• [Entries provided]:
//! The queues of a machine: its transmit lists, their counts, its rings, and the number of the lowest non-empty ring.

ghost use Rattle.std.specs.Prelude.{◌≡◌, ◌<◌, ◌≤◌, ◌++◌, ◌∷◌, [], length, nat_lt, drop, slice_get, true, false, IsTrue, IfSome, Some};
ghost use Rattle.std.specs.List.{position, position_or_len};
ghost use Rattle.dp_ring.specs.Rings.{room_in};
ghost use Rattle.dp_engine.specs.Queues.{rings_in, RingsFirst, ring_at, is_waiting, AreCounts};
ghost use Rattle.dp_model.specs.declared.queue.Queue.TheVariants.{Tx, Ring as OfRing};
ghost use Rattle.dp_engine.specs.HandleQueues.{IsQueue, ring_of_queue, Becomes};

use crate::rings::Rings;
use dp_model::Queue;
use dp_pool::proved;
use dp_ring::Ring;
use std::marker::Model;

/// The transmit lists and the rings of a machine, by number, the counts of the lists, and which ring is the lowest non-empty one.
pub struct Queues {
    outboxes: Rings,
    rings: Rings,
    // The least number of a ring that has an entry; the number of rings if none has.
    first: u8,
    // The number of entries of each transmit list. After most turns most lists have none, and here that is seen soonest.
    counts: [u32; 8],
}

impl Model for Queues {
    ghost use Rattle.std.specs.Prelude.{◌≡◌};
    ghost use Rattle.std.specs.List.{position_or_len};
    ghost use Rattle.dp_engine.specs.Queues.{QueuesView, is_waiting, AreCounts};

    ghost Value = { QueuesView };

    ghost view = { λ q. record { rings = q.rings; outboxes = q.outboxes } };

    ghost invariant = { λ q. (q.first ≡ position_or_len is_waiting q.rings) × AreCounts q.counts q.outboxes };
}

// The least number of a ring that has an entry; the number of rings if none has. No ring below `from` has one.
fn first_from(rings: &Rings, from: u8) -> u8
    requires { from ≤ position_or_len is_waiting rings.now }
    ensures { result ≡ position_or_len is_waiting rings.now }
{
    let end = rings.len() as u8;
    for k in from..end {
        if rings.count(k) != 0 {
            return k;
        }
    }
    end
}

// The numbers of entries of these lists.
fn counts_of(lists: &Rings) -> [u32; 8]
    ensures { AreCounts result lists.now }
{
    let mut counts = [0; 8];
    for k in 0..lists.len() as u8 {
        counts[usize::from(k)] = lists.count(k);
    }
    counts
}

impl Queues {
    /// Takes ownership of these rings and transmit lists, by slot.
    pub fn over(rings: [Option<Ring>; 8], outboxes: [Option<Ring>; 8]) -> Queues
        requires rings { RingsFirst rings }
        requires outboxes { RingsFirst outboxes }
        ensures { result ≡ record { rings = rings_in rings; outboxes = rings_in outboxes } }
    {
        let rings = Rings::over(rings);
        let outboxes = Rings::over(outboxes);
        let first = first_from(&rings, 0);
        let counts = counts_of(&outboxes);
        Queues {
            outboxes,
            rings,
            first,
            counts,
        }
    }

    /// The number of rings.
    pub fn rings(&self) -> usize
        ensures value { result ≡ length self.now.rings }
        ensures bound { result ≤ 8 }
    {
        self.rings.len()
    }

    /// The number of transmit lists.
    pub fn outboxes(&self) -> usize
        ensures value { result ≡ length self.now.outboxes }
        ensures bound { result ≤ 8 }
    {
        self.outboxes.len()
    }

    /// The number of handles in a queue.
    #[inline(always)]
    pub fn count(&self, queue: Queue) -> u32
        requires { IsQueue queue self.now.rings self.now.outboxes }
        ensures value { result ≡ length (ring_of_queue queue self.now.rings self.now.outboxes).entries }
        ensures bound { result < (ring_of_queue queue self.now.rings self.now.outboxes).count }
    {
        match queue {
            Queue::Tx(port) => self.counts[usize::from(port)],
            Queue::Ring(ring) => self.rings.count(ring),
        }
    }

    /// The `i`-th handle of a queue from the front, if there is one.
    #[inline(always)]
    pub fn peek(&self, queue: Queue, i: u32) -> Option<u32>
        requires { IsQueue queue self.now.rings self.now.outboxes }
        ensures { result ≡ slice_get (ring_of_queue queue self.now.rings self.now.outboxes).entries i }
    {
        match queue {
            Queue::Tx(port) => self.outboxes.peek(port, i),
            Queue::Ring(ring) => self.rings.peek(ring, i),
        }
    }

    // Appends a handle to a transmit list. Returns false if the list is full.
    #[inline(always)]
    fn push_list(&mut self, port: u8, handle: u32) -> bool
        requires { port < length self.old.outboxes }
        ensures taken { result ≡ nat_lt 0 (room_in (ring_at self.old.outboxes port)) }
        ensures more { IsTrue result → Becomes (Tx port) ((ring_at self.old.outboxes port).entries ++ handle ∷ []) self.old self.new }
        ensures full { result ≡ false → self.new ≡ self.old }
    {
        let (is_taken, count) = self.outboxes.push(port, handle);
        self.counts[usize::from(port)] = count;
        is_taken
    }

    // Removes and returns the first handle of a transmit list, if there is one.
    #[inline(always)]
    fn pop_list(&mut self, port: u8) -> Option<u32>
        requires { port < length self.old.outboxes }
        ensures first { result ≡ slice_get (ring_at self.old.outboxes port).entries 0 }
        ensures rest { Becomes (Tx port) (drop 1 (ring_at self.old.outboxes port).entries) self.old self.new }
    {
        let handle = self.outboxes.pop(port);
        self.counts[usize::from(port)] = self.outboxes.count(port);
        handle
    }

    /// Appends a handle to a queue. Returns false if the queue is full.
    #[inline(always)]
    pub fn push(&mut self, queue: Queue, handle: u32) -> bool
        requires { IsQueue queue self.old.rings self.old.outboxes }
        ensures taken { result ≡ nat_lt 0 (room_in (ring_of_queue queue self.old.rings self.old.outboxes)) }
        ensures more { IsTrue result → Becomes queue ((ring_of_queue queue self.old.rings self.old.outboxes).entries ++ handle ∷ []) self.old self.new }
        ensures full { result ≡ false → self.new ≡ self.old }
    {
        match queue {
            Queue::Tx(port) => self.push_list(port, handle),
            Queue::Ring(ring) => {
                let (is_taken, _) = self.rings.push(ring, handle);
                if is_taken && ring < self.first {
                    self.first = ring;
                }
                is_taken
            }
        }
    }

    /// Removes and returns the first handle of a queue, if there is one.
    #[inline(always)]
    pub fn pop(&mut self, queue: Queue) -> Option<u32>
        requires { IsQueue queue self.old.rings self.old.outboxes }
        ensures first { result ≡ slice_get (ring_of_queue queue self.old.rings self.old.outboxes).entries 0 }
        ensures rest { Becomes queue (drop 1 (ring_of_queue queue self.old.rings self.old.outboxes).entries) self.old self.new }
    {
        match queue {
            Queue::Tx(port) => self.pop_list(port),
            Queue::Ring(ring) => {
                let handle = self.rings.pop(ring);
                if ring <= self.first {
                    self.first = first_from(&self.rings, ring);
                }
                handle
            }
        }
    }

    /// Removes and returns the first handle of the lowest ring that has one. This must be that ring.
    #[inline(always)]
    pub fn pop_waiting(&mut self, ring: u8) -> u32
        requires waits { position is_waiting self.old.rings ≡ Some ring }
        requires few { ring < 8 }
        ensures first { Some result ≡ slice_get (ring_at self.old.rings ring).entries 0 }
        ensures rest { Becomes (OfRing ring) (drop 1 (ring_at self.old.rings ring).entries) self.old self.new }
    {
        let Some(handle) = self.rings.pop(ring) else {
            proved(false);
            unreachable!();
        };
        // Mostly it has no other entry then.
        if self.rings.count(ring) == 0 {
            self.first = self.rings.len() as u8;
            if ring + 1 < self.first {
                self.first = first_from(&self.rings, ring + 1);
            }
        }
        handle
    }

    /// The lowest number of a ring that has an entry, if one has.
    pub fn first_waiting(&self) -> Option<u8>
        ensures value { result ≡ position is_waiting self.now.rings }
        ensures bound { IfSome result (λ k. k < length self.now.rings) }
        ensures few { IfSome result (λ k. k < 8) }
        ensures waits { IfSome result (λ k. is_waiting (ring_at self.now.rings k) ≡ true) }
    {
        if self.first < self.rings.len() as u8 {
            Some(self.first)
        } else {
            None
        }
    }

    /// Returns the rings and the transmit lists, each in the slot of its number.
    pub fn into_rings(self) -> ([Option<Ring>; 8], [Option<Ring>; 8])
        ensures rings { (rings_in result.0 ≡ self.rings) × RingsFirst result.0 }
        ensures outboxes { (rings_in result.1 ≡ self.outboxes) × RingsFirst result.1 }
    {
        let Queues {
            outboxes,
            rings,
            first: _,
            counts: _,
        } = self;
        (rings.into_rings(), outboxes.into_rings())
    }
}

• [What needs to be done]: In the entries above, count the lines that include "IsTrue" and write nothing but that number.

• [Solution to this task]: 3